• Your goal: Write out the records again, exactly. Nothing may be dropped.

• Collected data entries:
= = = = = = =
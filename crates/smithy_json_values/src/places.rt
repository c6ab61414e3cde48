//! Where the names, separators and brackets of containers lie in an input (RFC 8259, sections 2, 4
//! and 5).

ghost use Rattle.std.specs.Prelude.{◌≡◌, ◌≤◌, ◌↔◌, ◌==◌, ℕ, List, length, drop, true, false, IsTrue, IfSome, IfNone};
ghost use Rattle.smithy_json_grammar.specs.Ascii.{is_ws, end_array};
ghost use Rattle.smithy_json_grammar.specs.Grammar.{IsWs};
ghost use Rattle.smithy_json_grammar.specs.Unescape.{has_escape};
ghost use Rattle.smithy_json_values.specs.Codec.{held_settings, held_grammar};
ghost use Rattle.smithy_json_values.specs.LexicalGrammar.{frames_of};
ghost use Rattle.smithy_json_values.specs.Spans.{Lies, IsByte, without_ws};
ghost use Rattle.smithy_json_values.specs.Tokens.{BoundaryBy, IsOverBy, EndsInside, IsNameToken};
ghost use Rattle.smithy_json_values.specs.TypeMismatch.{begins_by};
ghost use Rattle.smithy_json_values.specs.Private.NextInContainer.{IsFirstByte, IsNotFirst, GoesOnInArray, GoesOnToName, GoesOnInObject};
ghost use Rattle.smithy_json_values.specs.Private.PlacedTexts.{StandsFrom};

use crate::values::{begins_with_null, may_follow, string_of};
use smithy_json_grammar::scan::skip_blanks;
use smithy_json_settings::Settings;

/// A member's name, as it is written.
#[derive(Clone, Copy)]
pub struct Name<'a> {
    /// What stands between the quotation marks.
    pub raw: &'a str,
    /// The offset at which that begins.
    pub at: usize,
    /// Whether the name holds a backslash.
    pub has_escape: bool,
    /// The offset behind the colon.
    pub end: usize,
}

/// How a list goes on, or an object whose next name isn't read yet.
#[derive(Clone, Copy)]
pub enum InList {
    /// With an element or a name, which comes from this offset on.
    Element(usize),
    /// With its end, and this is the offset behind it.
    End(usize),
}

/// How an object goes on.
#[derive(Clone, Copy)]
pub enum InObject<'a> {
    /// With a member of this name.
    Member(Name<'a>),
    /// With its end, and this is the offset behind it.
    End(usize),
}

/// The first byte from the offset on that is no blank, with its offset.
#[inline(always)]
pub fn first_byte(input: &[u8], at: usize) -> Option<(u8, usize)>
    requires { at ≤ length input.now }
    ensures found { IfSome result (λ r. IsFirstByte input.now at r.0 r.1) }
    ensures none { IfNone result (IsWs (drop at input.now)) }
{
    let start = skip_blanks(input, at);
    if start < input.len() {
        Some((input[start], start))
    } else {
        None
    }
}

/// The offset behind this byte, where it comes first behind blanks.
#[inline(always)]
pub fn byte_end(input: &[u8], at: usize, byte: u8) -> Option<usize>
    requires within { at ≤ length input.now }
    requires plain { is_ws byte ≡ false }
    ensures found { IfSome result (λ e. Lies (IsByte byte) input.now at e) }
    ensures none { IfNone result (IsNotFirst byte input.now at) }
    ensures other { IfNone result (begins_by (λ b. b == byte) (without_ws (drop at input.now)) ≡ false) }
{
    match first_byte(input, at) {
        Some((first, start)) if first == byte => Some(start + 1),
        _ => None,
    }
}

/// The end of a null.
#[inline(always)]
pub fn null_end(input: &[u8], at: usize, settings: &Settings) -> Option<usize>
    requires { at ≤ length input.now }
    ensures found { IfSome result (λ e. (frames_of (held_grammar settings.now)).null input.now 0 at e) }
    ensures none { IfNone result ((e : ℕ) → (frames_of (held_grammar settings.now)).null input.now 0 at e → ⊥) }
{
    let start = skip_blanks(input, at);
    if !begins_with_null(&input[start..]) {
        return None;
    }
    may_follow(input, start + 4, settings).then_some(start + 4)
}

/// Whether the innermost of `depth` open containers may end at the offset. Behind the only one nothing but blanks may follow.
#[inline(always)]
pub fn may_end(input: &[u8], at: usize, depth: usize, settings: &Settings) -> bool
    requires { at ≤ length input.now }
    ensures { IsTrue result ↔ EndsInside (BoundaryBy (held_settings settings.now).enforce_strictness) depth (drop at input.now) }
{
    match depth {
        0 => false,
        1 => skip_blanks(input, at) == input.len(),
        _ => may_follow(input, at, settings),
    }
}

/// Whether the input is over at the offset, so that a structure may be missing there: strictly the whole input is empty, and else
/// nothing but blanks is left.
#[inline(always)]
pub fn is_over(input: &[u8], at: usize, settings: &Settings) -> bool
    requires { at ≤ length input.now }
    ensures { IsTrue result ↔ IsOverBy (held_settings settings.now).enforce_strictness input.now at (length input.now) }
{
    if settings.enforce_strictness {
        input.is_empty()
    } else {
        skip_blanks(input, at) == input.len()
    }
}

/// What comes next in the list inside of which the offset lies: an element, or the end of the list.
#[inline(always)]
pub fn next_in_list(
    input: &[u8],
    at: usize,
    entered: bool,
    depth: usize,
    settings: &Settings,
) -> Option<InList>
    requires { at ≤ length input.now }
    ensures { GoesOnInArray (held_grammar settings.now) input.now at entered depth result }
{
    let Some((first, start)) = first_byte(input, at) else {
        return if entered {
            None
        } else {
            Some(InList::Element(at))
        };
    };
    if first == b']' {
        return may_end(input, start + 1, depth, settings).then_some(InList::End(start + 1));
    }
    if !entered {
        return Some(InList::Element(at));
    }
    if first != b',' {
        return None;
    }
    match byte_end(input, start + 1, b']') {
        Some(_) => None,
        None => Some(InList::Element(start + 1)),
    }
}

/// Where the name of a member is due in the object inside of which the offset lies, or the end of the object.
#[inline(always)]
pub fn next_name_place(
    input: &[u8],
    at: usize,
    entered: bool,
    depth: usize,
    settings: &Settings,
) -> Option<InList>
    requires { at ≤ length input.now }
    ensures { GoesOnToName (held_grammar settings.now) input.now at entered depth result }
{
    let (first, start) = first_byte(input, at)?;
    if first == b'}' {
        return may_end(input, start + 1, depth, settings).then_some(InList::End(start + 1));
    }
    if !entered {
        return Some(InList::Element(at));
    }
    if first != b',' {
        return None;
    }
    Some(InList::Element(start + 1))
}

// The name that comes first behind blanks, with its colon.
#[inline(always)]
fn name_at<'a>(input: &'a [u8], at: usize, settings: &Settings) -> Option<Name<'a>>
    requires { at ≤ length input.now }
    ensures found { IfSome result (λ name. Lies (IsNameToken name.raw.now) input.now at name.end) }
    ensures valid { IfSome result (λ name. (held_grammar settings.now).is_text name.raw.now ≡ true) }
    ensures stands { IfSome result (λ name. StandsFrom input.now at name.end name.at name.raw.now) }
    ensures has_escape { IfSome result (λ name. name.has_escape ≡ has_escape name.raw.now) }
    ensures none { IfNone result ((raw : List ℕ) (e : ℕ) → Lies (IsNameToken raw) input.now at e → (held_grammar settings.now).is_text raw ≡ true → ⊥) }
{
    let start = skip_blanks(input, at);
    let name = string_of(input, start, settings)?;
    let end = byte_end(input, name.closing + 1, b':')?;
    Some(Name {
        raw: name.text,
        at: start + 1,
        has_escape: name.has_escape,
        end,
    })
}

/// What comes next in the object inside of which the offset lies: a member's name with its colon, or the end of the object.
#[inline(always)]
pub fn next_in_object<'a>(
    input: &'a [u8],
    at: usize,
    entered: bool,
    depth: usize,
    settings: &Settings,
) -> Option<InObject<'a>>
    requires { at ≤ length input.now }
    ensures { GoesOnInObject (held_grammar settings.now) input.now at entered depth result }
{
    match next_name_place(input, at, entered, depth, settings)? {
        InList::Element(place) => {
            let name = name_at(input, place, settings)?;
            Some(InObject::Member(name))
        }
        InList::End(end) => Some(InObject::End(end)),
    }
}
= = = = = = =
• Response to this task:
filename crates/smithy_json_values/src/places.rt
repository c6ab61414e3cde48
//! Where the names, separators and brackets of containers lie in an input (RFC 8259, sections 2, 4
//! and 5).

ghost use Rattle.std.specs.Prelude.{◌≡◌, ◌≤◌, ◌↔◌, ◌==◌, ℕ, List, length, drop, true, false, IsTrue, IfSome, IfNone};
ghost use Rattle.smithy_json_grammar.specs.Ascii.{is_ws, end_array};
ghost use Rattle.smithy_json_grammar.specs.Grammar.{IsWs};
ghost use Rattle.smithy_json_grammar.specs.Unescape.{has_escape};
ghost use Rattle.smithy_json_values.specs.Codec.{held_settings, held_grammar};
ghost use Rattle.smithy_json_values.specs.LexicalGrammar.{frames_of};
ghost use Rattle.smithy_json_values.specs.Spans.{Lies, IsByte, without_ws};
ghost use Rattle.smithy_json_values.specs.Tokens.{BoundaryBy, IsOverBy, EndsInside, IsNameToken};
ghost use Rattle.smithy_json_values.specs.TypeMismatch.{begins_by};
ghost use Rattle.smithy_json_values.specs.Private.NextInContainer.{IsFirstByte, IsNotFirst, GoesOnInArray, GoesOnToName, GoesOnInObject};
ghost use Rattle.smithy_json_values.specs.Private.PlacedTexts.{StandsFrom};

use crate::values::{begins_with_null, may_follow, string_of};
use smithy_json_grammar::scan::skip_blanks;
use smithy_json_settings::Settings;

/// A member's name, as it is written.
#[derive(Clone, Copy)]
pub struct Name<'a> {
    /// What stands between the quotation marks.
    pub raw: &'a str,
    /// The offset at which that begins.
    pub at: usize,
    /// Whether the name holds a backslash.
    pub has_escape: bool,
    /// The offset behind the colon.
    pub end: usize,
}

/// How a list goes on, or an object whose next name isn't read yet.
#[derive(Clone, Copy)]
pub enum InList {
    /// With an element or a name, which comes from this offset on.
    Element(usize),
    /// With its end, and this is the offset behind it.
    End(usize),
}

/// How an object goes on.
#[derive(Clone, Copy)]
pub enum InObject<'a> {
    /// With a member of this name.
    Member(Name<'a>),
    /// With its end, and this is the offset behind it.
    End(usize),
}

/// The first byte from the offset on that is no blank, with its offset.
#[inline(always)]
pub fn first_byte(input: &[u8], at: usize) -> Option<(u8, usize)>
    requires { at ≤ length input.now }
    ensures found { IfSome result (λ r. IsFirstByte input.now at r.0 r.1) }
    ensures none { IfNone result (IsWs (drop at input.now)) }
{
    let start = skip_blanks(input, at);
    if start < input.len() {
        Some((input[start], start))
    } else {
        None
    }
}

/// The offset behind this byte, where it comes first behind blanks.
#[inline(always)]
pub fn byte_end(input: &[u8], at: usize, byte: u8) -> Option<usize>
    requires within { at ≤ length input.now }
    requires plain { is_ws byte ≡ false }
    ensures found { IfSome result (λ e. Lies (IsByte byte) input.now at e) }
    ensures none { IfNone result (IsNotFirst byte input.now at) }
    ensures other { IfNone result (begins_by (λ b. b == byte) (without_ws (drop at input.now)) ≡ false) }
{
    match first_byte(input, at) {
        Some((first, start)) if first == byte => Some(start + 1),
        _ => None,
    }
}

/// The end of a null.
#[inline(always)]
pub fn null_end(input: &[u8], at: usize, settings: &Settings) -> Option<usize>
    requires { at ≤ length input.now }
    ensures found { IfSome result (λ e. (frames_of (held_grammar settings.now)).null input.now 0 at e) }
    ensures none { IfNone result ((e : ℕ) → (frames_of (held_grammar settings.now)).null input.now 0 at e → ⊥) }
{
    let start = skip_blanks(input, at);
    if !begins_with_null(&input[start..]) {
        return None;
    }
    may_follow(input, start + 4, settings).then_some(start + 4)
}

/// Whether the innermost of `depth` open containers may end at the offset. Behind the only one nothing but blanks may follow.
#[inline(always)]
pub fn may_end(input: &[u8], at: usize, depth: usize, settings: &Settings) -> bool
    requires { at ≤ length input.now }
    ensures { IsTrue result ↔ EndsInside (BoundaryBy (held_settings settings.now).enforce_strictness) depth (drop at input.now) }
{
    match depth {
        0 => false,
        1 => skip_blanks(input, at) == input.len(),
        _ => may_follow(input, at, settings),
    }
}

/// Whether the input is over at the offset, so that a structure may be missing there: strictly the whole input is empty, and else
/// nothing but blanks is left.
#[inline(always)]
pub fn is_over(input: &[u8], at: usize, settings: &Settings) -> bool
    requires { at ≤ length input.now }
    ensures { IsTrue result ↔ IsOverBy (held_settings settings.now).enforce_strictness input.now at (length input.now) }
{
    if settings.enforce_strictness {
        input.is_empty()
    } else {
        skip_blanks(input, at) == input.len()
    }
}

/// What comes next in the list inside of which the offset lies: an element, or the end of the list.
#[inline(always)]
pub fn next_in_list(
    input: &[u8],
    at: usize,
    entered: bool,
    depth: usize,
    settings: &Settings,
) -> Option<InList>
    requires { at ≤ length input.now }
    ensures { GoesOnInArray (held_grammar settings.now) input.now at entered depth result }
{
    let Some((first, start)) = first_byte(input, at) else {
        return if entered {
            None
        } else {
            Some(InList::Element(at))
        };
    };
    if first == b']' {
        return may_end(input, start + 1, depth, settings).then_some(InList::End(start + 1));
    }
    if !entered {
        return Some(InList::Element(at));
    }
    if first != b',' {
        return None;
    }
    match byte_end(input, start + 1, b']') {
        Some(_) => None,
        None => Some(InList::Element(start + 1)),
    }
}

/// Where the name of a member is due in the object inside of which the offset lies, or the end of the object.
#[inline(always)]
pub fn next_name_place(
    input: &[u8],
    at: usize,
    entered: bool,
    depth: usize,
    settings: &Settings,
) -> Option<InList>
    requires { at ≤ length input.now }
    ensures { GoesOnToName (held_grammar settings.now) input.now at entered depth result }
{
    let (first, start) = first_byte(input, at)?;
    if first == b'}' {
        return may_end(input, start + 1, depth, settings).then_some(InList::End(start + 1));
    }
    if !entered {
        return Some(InList::Element(at));
    }
    if first != b',' {
        return None;
    }
    Some(InList::Element(start + 1))
}

// The name that comes first behind blanks, with its colon.
#[inline(always)]
fn name_at<'a>(input: &'a [u8], at: usize, settings: &Settings) -> Option<Name<'a>>
    requires { at ≤ length input.now }
    ensures found { IfSome result (λ name. Lies (IsNameToken name.raw.now) input.now at name.end) }
    ensures valid { IfSome result (λ name. (held_grammar settings.now).is_text name.raw.now ≡ true) }
    ensures stands { IfSome result (λ name. StandsFrom input.now at name.end name.at name.raw.now) }
    ensures has_escape { IfSome result (λ name. name.has_escape ≡ has_escape name.raw.now) }
    ensures none { IfNone result ((raw : List ℕ) (e : ℕ) → Lies (IsNameToken raw) input.now at e → (held_grammar settings.now).is_text raw ≡ true → ⊥) }
{
    let start = skip_blanks(input, at);
    let name = string_of(input, start, settings)?;
    let end = byte_end(input, name.closing + 1, b':')?;
    Some(Name {
        raw: name.text,
        at: start + 1,
        has_escape: name.has_escape,
        end,
    })
}

/// What comes next in the object inside of which the offset lies: a member's name with its colon, or the end of the object.
#[inline(always)]
pub fn next_in_object<'a>(
    input: &'a [u8],
    at: usize,
    entered: bool,
    depth: usize,
    settings: &Settings,
) -> Option<InObject<'a>>
    requires { at ≤ length input.now }
    ensures { GoesOnInObject (held_grammar settings.now) input.now at entered depth result }
{
    match next_name_place(input, at, entered, depth, settings)? {
        InList::Element(place) => {
            let name = name_at(input, place, settings)?;
            Some(InObject::Member(name))
        }
        InList::End(end) => Some(InObject::End(end)),
    }
}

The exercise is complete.